◆ **YOUR GOAL**
No record may be omitted; give all of them again exactly.

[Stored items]
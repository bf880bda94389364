//! `part`: what is chosen on either side of an interface, and what is refused. The numbers were worked by hand from the rules of lowering and of
//! the transient rules, which give each position of these few commands.
use crate::modules::{LIB, MAIN, STUB};
use bl_base::NoMemory;
use bl_outside::MemoryShelf;
use std::alloc::Global;
use std::test::Fail;
use tests_calls::{are_no_requests, ends, shelf_of};

/// A shelf with the modules, and two interfaces: `t` has a transient parameter and a stable result, `s` the other way round.
fn files(alloc: Global) -> Result<MemoryShelf, NoMemory> {
    shelf_of(
        alloc,
        &[
            ("lib.wasm", &LIB),
            ("stub/lib.wasm", &STUB),
            ("main.wasm", &MAIN),
            ("t", b"function t s lib/f\n"),
            ("s", b"function s t lib/f"),
            ("none", b""),
            ("bad", b"function t s lib/f\nfunction x s lib/g\n"),
            ("twice", b"function t s lib/f\nfunction s s lib/f\n"),
            ("other", b"function t s lib/h\n"),
            ("wide", b"function t - lib/f\n"),
            ("cut.wasm", b"\0asm"),
        ],
    )
}

/// Words of a call, the status that it ends with, and the text.
struct Said {
    line: &'static str,
    status: u8,
    text: &'static str,
}

static LIBRARY: Said = Said {
    line: "blade part library i t lib.wasm",
    status: 0,
    text: "functions 1\ncommands 14\nsites 4\nprotects 2 weight 2\nprotect 8 weight 1\nprotect 11 weight 1\n",
};

static CLIENT: Said = Said {
    line: "blade part client i t stub/lib.wasm main.wasm",
    status: 0,
    text: "functions 2\ncommands 19\nsites 6\nprotects 0 weight 0\n",
};

static OTHER_LIBRARY: Said = Said {
    line: "blade part library i s lib.wasm",
    status: 0,
    text: "functions 1\ncommands 14\nsites 4\nprotects 0 weight 0\n",
};

static OTHER_CLIENT: Said = Said {
    line: "blade part client i s stub/lib.wasm main.wasm",
    status: 0,
    text: "functions 2\ncommands 19\nsites 6\nprotects 1 weight 1\nprotect 13 weight 1\n",
};

/// Nothing is asked of an interface without functions.
static FREE: Said = Said {
    line: "blade part library i none lib.wasm",
    status: 0,
    text: "functions 1\ncommands 14\nsites 4\nprotects 0 weight 0\n",
};

static REFUSED: [Said; 6] = [
    Said {
        line: "blade part library i bad lib.wasm",
        status: 20,
        text: "interface: line 2\n",
    },
    Said {
        line: "blade part library i twice lib.wasm",
        status: 20,
        text: "interface: line 2\n",
    },
    Said {
        line: "blade part library i other lib.wasm",
        status: 20,
        text: "interface: function 0\n",
    },
    Said {
        line: "blade part library i wide lib.wasm",
        status: 20,
        text: "interface: function 0\n",
    },
    // The modules are refused before the interface.
    Said {
        line: "blade part library i bad cut.wasm",
        status: 5,
        text: "malformed: cut\n",
    },
    // The interface is read before the modules.
    Said {
        line: "blade part library i absent gone.wasm",
        status: 3,
        text: "read fault: absent\n",
    },
];

/// Words that are no request: a word that names no side; an image that is the interface; no module; an option; two modules of one name.
static USAGE: [&str; 6] = [
    "blade part lib i t lib.wasm",
    "blade part library i i lib.wasm",
    "blade part library i t",
    "blade part --steps 1 library i t lib.wasm",
    "blade part --counts c library i t lib.wasm",
    "blade part client i t stub/lib.wasm lib.wasm",
];

/// Whether a call on these files ends as it says, and leaves an image exactly where it ends with status 0.
fn is_said(alloc: Global, said: &Said) -> Result<bool, NoMemory> {
    let mut shelf = files(alloc)?;
    let ended = ends(alloc, &mut shelf, said.line, said.status, said.text)?;
    Ok(ended && shelf.entry("i").is_some() == (said.status == 0))
}

/// How many of these calls end as they say, before the first that doesn't.
fn count_said(alloc: Global, all: &[Said]) -> Result<u32, NoMemory> {
    let mut count = 0u32;
    for said in all {
        if !is_said(alloc, said)? {
            break;
        }
        count = count.wrapping_add(1);
    }
    Ok(count)
}

#[test]
fn a_library_protects_what_is_given_and_owed(rt: HostRuntime) -> Result<(), Fail> {
    assert!(rt; is_said(rt.alloc(), &LIBRARY)?);
    assert!(rt; is_said(rt.alloc(), &OTHER_LIBRARY)?);
    assert!(rt; is_said(rt.alloc(), &FREE)?);
    Ok(())
}

#[test]
fn a_client_protects_what_it_is_given(rt: HostRuntime) -> Result<(), Fail> {
    assert!(rt; is_said(rt.alloc(), &CLIENT)?);
    assert!(rt; is_said(rt.alloc(), &OTHER_CLIENT)?);
    Ok(())
}

#[test]
fn interfaces_are_refused_behind_modules(rt: HostRuntime) -> Result<(), Fail> {
    assert_eq!(rt; count_said(rt.alloc(), &REFUSED)?, 6);
    Ok(())
}

#[test]
fn words_of_part_are_counted(rt: HostRuntime) -> Result<(), Fail> {
    assert_eq!(rt; are_no_requests(rt.alloc(), &USAGE)?, 6);
    Ok(())
}

/// Whether an interface file of one byte too many is refused by its length.
fn is_too_long(alloc: Global) -> Result<bool, NoMemory> {
    let mut shelf = files(alloc)?;
    let mut bytes = Vec::new(alloc);
    bytes.resize(1_048_577, b'x')?;
    shelf.put("long", &bytes)?;
    ends(
        alloc,
        &mut shelf,
        "blade part library i long lib.wasm",
        8,
        "limit: interface 1048577\n",
    )
}

#[test]
fn interfaces_have_a_length(rt: HostRuntime) -> Result<(), Fail> {
    assert!(rt; is_too_long(rt.alloc())?);
    Ok(())
}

◆ **ANSWER**
repository bf880bda94389364
//! `part`: what is chosen on either side of an interface, and what is refused. The numbers were worked by hand from the rules of lowering and of
//! the transient rules, which give each position of these few commands.
use crate::modules::{LIB, MAIN, STUB};
use bl_base::NoMemory;
use bl_outside::MemoryShelf;
use std::alloc::Global;
use std::test::Fail;
use tests_calls::{are_no_requests, ends, shelf_of};

/// A shelf with the modules, and two interfaces: `t` has a transient parameter and a stable result, `s` the other way round.
fn files(alloc: Global) -> Result<MemoryShelf, NoMemory> {
    shelf_of(
        alloc,
        &[
            ("lib.wasm", &LIB),
            ("stub/lib.wasm", &STUB),
            ("main.wasm", &MAIN),
            ("t", b"function t s lib/f\n"),
            ("s", b"function s t lib/f"),
            ("none", b""),
            ("bad", b"function t s lib/f\nfunction x s lib/g\n"),
            ("twice", b"function t s lib/f\nfunction s s lib/f\n"),
            ("other", b"function t s lib/h\n"),
            ("wide", b"function t - lib/f\n"),
            ("cut.wasm", b"\0asm"),
        ],
    )
}

/// Words of a call, the status that it ends with, and the text.
struct Said {
    line: &'static str,
    status: u8,
    text: &'static str,
}

static LIBRARY: Said = Said {
    line: "blade part library i t lib.wasm",
    status: 0,
    text: "functions 1\ncommands 14\nsites 4\nprotects 2 weight 2\nprotect 8 weight 1\nprotect 11 weight 1\n",
};

static CLIENT: Said = Said {
    line: "blade part client i t stub/lib.wasm main.wasm",
    status: 0,
    text: "functions 2\ncommands 19\nsites 6\nprotects 0 weight 0\n",
};

static OTHER_LIBRARY: Said = Said {
    line: "blade part library i s lib.wasm",
    status: 0,
    text: "functions 1\ncommands 14\nsites 4\nprotects 0 weight 0\n",
};

static OTHER_CLIENT: Said = Said {
    line: "blade part client i s stub/lib.wasm main.wasm",
    status: 0,
    text: "functions 2\ncommands 19\nsites 6\nprotects 1 weight 1\nprotect 13 weight 1\n",
};

/// Nothing is asked of an interface without functions.
static FREE: Said = Said {
    line: "blade part library i none lib.wasm",
    status: 0,
    text: "functions 1\ncommands 14\nsites 4\nprotects 0 weight 0\n",
};

static REFUSED: [Said; 6] = [
    Said {
        line: "blade part library i bad lib.wasm",
        status: 20,
        text: "interface: line 2\n",
    },
    Said {
        line: "blade part library i twice lib.wasm",
        status: 20,
        text: "interface: line 2\n",
    },
    Said {
        line: "blade part library i other lib.wasm",
        status: 20,
        text: "interface: function 0\n",
    },
    Said {
        line: "blade part library i wide lib.wasm",
        status: 20,
        text: "interface: function 0\n",
    },
    // The modules are refused before the interface.
    Said {
        line: "blade part library i bad cut.wasm",
        status: 5,
        text: "malformed: cut\n",
    },
    // The interface is read before the modules.
    Said {
        line: "blade part library i absent gone.wasm",
        status: 3,
        text: "read fault: absent\n",
    },
];

/// Words that are no request: a word that names no side; an image that is the interface; no module; an option; two modules of one name.
static USAGE: [&str; 6] = [
    "blade part lib i t lib.wasm",
    "blade part library i i lib.wasm",
    "blade part library i t",
    "blade part --steps 1 library i t lib.wasm",
    "blade part --counts c library i t lib.wasm",
    "blade part client i t stub/lib.wasm lib.wasm",
];

/// Whether a call on these files ends as it says, and leaves an image exactly where it ends with status 0.
fn is_said(alloc: Global, said: &Said) -> Result<bool, NoMemory> {
    let mut shelf = files(alloc)?;
    let ended = ends(alloc, &mut shelf, said.line, said.status, said.text)?;
    Ok(ended && shelf.entry("i").is_some() == (said.status == 0))
}

/// How many of these calls end as they say, before the first that doesn't.
fn count_said(alloc: Global, all: &[Said]) -> Result<u32, NoMemory> {
    let mut count = 0u32;
    for said in all {
        if !is_said(alloc, said)? {
            break;
        }
        count = count.wrapping_add(1);
    }
    Ok(count)
}

#[test]
fn a_library_protects_what_is_given_and_owed(rt: HostRuntime) -> Result<(), Fail> {
    assert!(rt; is_said(rt.alloc(), &LIBRARY)?);
    assert!(rt; is_said(rt.alloc(), &OTHER_LIBRARY)?);
    assert!(rt; is_said(rt.alloc(), &FREE)?);
    Ok(())
}

#[test]
fn a_client_protects_what_it_is_given(rt: HostRuntime) -> Result<(), Fail> {
    assert!(rt; is_said(rt.alloc(), &CLIENT)?);
    assert!(rt; is_said(rt.alloc(), &OTHER_CLIENT)?);
    Ok(())
}

#[test]
fn interfaces_are_refused_behind_modules(rt: HostRuntime) -> Result<(), Fail> {
    assert_eq!(rt; count_said(rt.alloc(), &REFUSED)?, 6);
    Ok(())
}

#[test]
fn words_of_part_are_counted(rt: HostRuntime) -> Result<(), Fail> {
    assert_eq!(rt; are_no_requests(rt.alloc(), &USAGE)?, 6);
    Ok(())
}

/// Whether an interface file of one byte too many is refused by its length.
fn is_too_long(alloc: Global) -> Result<bool, NoMemory> {
    let mut shelf = files(alloc)?;
    let mut bytes = Vec::new(alloc);
    bytes.resize(1_048_577, b'x')?;
    shelf.put("long", &bytes)?;
    ends(
        alloc,
        &mut shelf,
        "blade part library i long lib.wasm",
        8,
        "limit: interface 1048577\n",
    )
}

#[test]
fn interfaces_have_a_length(rt: HostRuntime) -> Result<(), Fail> {
    assert!(rt; is_too_long(rt.alloc())?);
    Ok(())
}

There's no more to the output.